In your case, since you have overridden set and get*, you don't have a stored property, you have a computed property. If you want a computed property to have a backing storage, you must create that independently.
So you may want something like this:
class FooClass {
private var storageProperty: String?
var accessProperty: String? {
get {
return self.storageProperty
}
set {
self.storageProperty = newValue
// or whatever logic you may like here
}
}
}
*: You can't override set without also overriding get. You can however override get without overriding set--this makes a readonly computed value.
Moreover, it's important that we implement our storage properties in this way over relying on key-value coding.

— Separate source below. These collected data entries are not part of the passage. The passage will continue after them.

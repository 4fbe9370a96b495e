//! Looking through the frames of a log before it is opened.

use crate::damage::Damage;
use crate::fields::Fields;
use crate::numbers::{Numbers, Reach};
use crate::tearing::can_be_torn;
use std::alloc::{AllocError, Global};

/// How many bytes the header of a log has.
const HEADER: usize = 4;

/// What stands behind the whole frames of a log.
#[derive(Clone, Copy, Debug, PartialEq, Eq)]
pub(crate) enum End {
    /// Nothing behind so many bytes, or less than a header.
    Whole(usize),
    /// From this offset on a frame that isn't whole, as a crash leaves one.
    Torn(usize),
    /// It has another header, or a frame that is no record: an opening says so.
    Unread,
}

/// Why a log isn't to be opened, or wasn't looked through.
#[derive(Clone, Copy, Debug, PartialEq, Eq)]
pub(crate) enum ScanFault {
    Damage(Damage),
    NoMemory,
}

impl From<AllocError> for ScanFault {
    fn from(_refused: AllocError) -> ScanFault {
        ScanFault::NoMemory
    }
}

impl From<Damage> for ScanFault {
    fn from(damage: Damage) -> ScanFault {
        ScanFault::Damage(damage)
    }
}

/// What stands behind the whole frames of a log. It is refused where a number is too far past those before it, and where its end can't be a torn one.
pub(crate) fn scanned(alloc: Global, log: &[u8]) -> Result<End, ScanFault> {
    let Some((header, frames)) = log.split_at_checked(HEADER) else {
        return Ok(End::Whole(0));
    };
    if header != b"RSX1".as_slice() && header != b"RSX2".as_slice() {
        return Ok(End::Unread);
    }
    let mut rest = frames;
    let mut numbers = Numbers::new();
    for _ in 0..log.len() {
        let offset = log.len().saturating_sub(rest.len());
        let Some((content, behind)) = first_frame(rest) else {
            break;
        };
        match numbers.take(content) {
            Some(Reach::Near) => rest = behind,
            Some(Reach::Far) => return Err(ScanFault::Damage(Damage::Number(offset as u64))),
            None => return Ok(End::Unread),
        }
    }
    end_of(alloc, log, rest)
}

/// What stands behind the whole frames of a log, where these are its last bytes.
fn end_of(alloc: Global, log: &[u8], rest: &[u8]) -> Result<End, ScanFault> {
    let offset = log.len().saturating_sub(rest.len());
    if rest.is_empty() {
        return Ok(End::Whole(log.len()));
    }
    if !can_be_torn(alloc, rest)? {
        return Err(ScanFault::Damage(Damage::Torn(offset as u64)));
    }
    Ok(End::Torn(offset))
}

/// The content of the first frame, and the bytes after it; nothing where the frame isn't whole.
pub(crate) fn first_frame(bytes: &[u8]) -> Option<(&[u8], &[u8])> {
    let mut fields = Fields::of(bytes);
    let length = fields.word()?;
    let content = fields.take(length as usize)?;
    Some((content, fields.into_rest()))
}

For starters, setObject(forKey:) approach doesn't even work on pure Swift types. This will only work on objects which inherit from Objective-C types. It's an inherited method from NSObject's compliance to NSKeyValueCoding protocol. Why the base object of Objective-C conforms to so many protocols is beyond me... but it does and there's nothing we can do about it.

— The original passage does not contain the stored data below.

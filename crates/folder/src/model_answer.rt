//! What the model answers to what an entry of a journal was asked.

use doc::Mapping;
use journal::{Deed, Journal, Ruling};
use journals::{copies_of, copy_answer_value, master_answer_value};
use master::Master;
use replica::{Birth, Copy};
use serde_json::Value;
use std::alloc::{AllocError, Global};
use translog::MemDevice;

/// The model's answer at a place of a node's journal. None where a log failed before it, or where the entries before it aren't the model's.
pub fn model_answer(
    alloc: Global,
    mapping: &Mapping,
    journals: &[Journal],
    node: usize,
    place: usize,
) -> Result<Option<Value>, AllocError> {
    let Ok(copies) = copies_of(journals) else {
        return Ok(None);
    };
    match journals.get(node) {
        Some(Journal::OfMaster(_, rulings)) => { ruled(alloc, copies, rulings.as_slice(), place) }
        Some(Journal::OfCopy(_, deeds)) => {
            let Some(mut copy) = new_copy(alloc, mapping, copies, node)? else {
                return Ok(None);
            };
            let answer = answered(alloc, &mut copy, deeds.as_slice(), place);
            drop(copy);
            answer
        }
        None => Ok(None),
    }
}

/// A copy as it is when its id is given; none where it isn't to be had.
fn new_copy(
    alloc: Global,
    mapping: &Mapping,
    copies: u32,
    node: usize,
) -> Result<Option<Copy<MemDevice>>, AllocError> {
    let Ok(id) = u32::try_from(node) else {
        return Ok(None);
    };
    let mapping = mapping.copy(alloc)?;
    let device = MemDevice::new(Vec::new(alloc));
    let opened = if id <= copies && copies > 0 {
        Copy::begin(alloc, id, copies, mapping, device)
    } else {
        Copy::open(alloc, id, Birth::Added, mapping, device)
    };
    Ok(opened.ok())
}

/// What a copy that is new answers at a place of its journal.
fn answered(
    alloc: Global,
    copy: &mut Copy<MemDevice>,
    deeds: &[Deed],
    place: usize,
) -> Result<Option<Value>, AllocError> {
    let Some(asked) = deeds.get(place) else {
        return Ok(None);
    };
    for deed in deeds.iter().take(place) {
        if !is_played(alloc, copy, deed)? {
            return Ok(None);
        }
    }
    let answer = copy.step(alloc, asked.input.copy(alloc)?);
    let value = copy_answer_value(alloc, &answer);
    drop(answer);
    Ok(Some(value?))
}

/// Has the copy do what an entry says that it did. What was refused changed nothing, but for a fault of the log.
fn is_played(alloc: Global, copy: &mut Copy<MemDevice>, deed: &Deed) -> Result<bool, AllocError> {
    match &deed.answer {
        Ok(_) => Ok(copy.step(alloc, deed.input.copy(alloc)?).is_ok()),
        Err(fault) => Ok(!fault.is_log()),
    }
}

/// What the master answers at a place of its journal.
fn ruled(
    alloc: Global,
    copies: u32,
    rulings: &[Ruling],
    place: usize,
) -> Result<Option<Value>, AllocError> {
    if copies < 1 || copies > 5 {
        return Ok(None);
    }
    match Master::begin(alloc, copies as u8, MemDevice::new(Vec::new(alloc))) {
        Ok(mut master) => {
            let answer = ruled_by(alloc, &mut master, rulings, place);
            drop(master);
            answer
        }
        Err(_) => Ok(None),
    }
}

/// What a master that is new answers at a place of its journal.
fn ruled_by(
    alloc: Global,
    master: &mut Master<MemDevice>,
    rulings: &[Ruling],
    place: usize,
) -> Result<Option<Value>, AllocError> {
    let Some(asked) = rulings.get(place) else {
        return Ok(None);
    };
    for ruling in rulings.iter().take(place) {
        if ruling.answer.is_ok() && master.step(alloc, ruling.request).is_err() {
            return Ok(None);
        }
    }
    let answer = master.step(alloc, asked.request);
    let value = master_answer_value(alloc, &answer);
    drop(answer);
    Ok(Some(value?))
}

If we have a code base in which some of our objects are inheriting from Objective-C objects (which basically any project will have, UIViewController, etc), and some of our objects are pure Swift objects (which you will tend to have when you're creating your own Swift classes from scratch), then our Swift objects will not be able to implement this same pattern. If we have some objects of both types, we'll either have to implement the pattern I show above for all of them (and then we have consistency) or we'll have to implement one pattern for some types and another for other types (Swift structs would definitely have to implement the above pattern, you can't just make them inherit from NSObject) (and then we have inconsistency, which we don't like).
But what's far worse about setObject(forKey:) is that the first argument of this method always will be of type AnyObject. There is no type safety to the method at all. Where things are stored via setObject(forKey:) is based purely on the key which we use. When we use setObject(forKey:), we take a pile of type-safety advantages that Swift gives us and we throw them out the window. If we don't care to leverage the advantages Swift gives us over Objective-C, why are we writing it in Swift at all?
We can't even make the stored property private when we use setObject(forKey:). Anyone who knows the key can call setObject(forKey:) and set that object to whatever they want. And that includes objects which are not strings. All we have to do to introduce a crash to this codebase is write a class extension or subclass which has a key collision on a different type other than what you've used (so maybe an NSData value for the same key). And even if it doesn't happen to be a different type, simply duplicating the same key for multiple properties is going to introduce bugs... and bugs that are hard to debug.
Never set a value of a computed property in its set scope by calling itself !
This causes an infinite loop and the app will crash.
I don't know which API setObject:forKey belongs to, but in the case of nil you are supposed to remove the object
set {
if let newPhotoURL = newValue {
setObject(newPhotoURL, forKey: "optionalPhotoURL")
} else {
removeObjectForKey("optionalPhotoURL")
}
}
Your property optionalPhotoURL is a computed property, it does not store any values:
https://developer.apple.com/library/ios/documentation/Swift/Conceptual/Swift_Programming_Language/Properties.html
You might want to create an additional property which actually stores the value. However, why do you want to set it to nil, since you are not deleting they object in case of nil.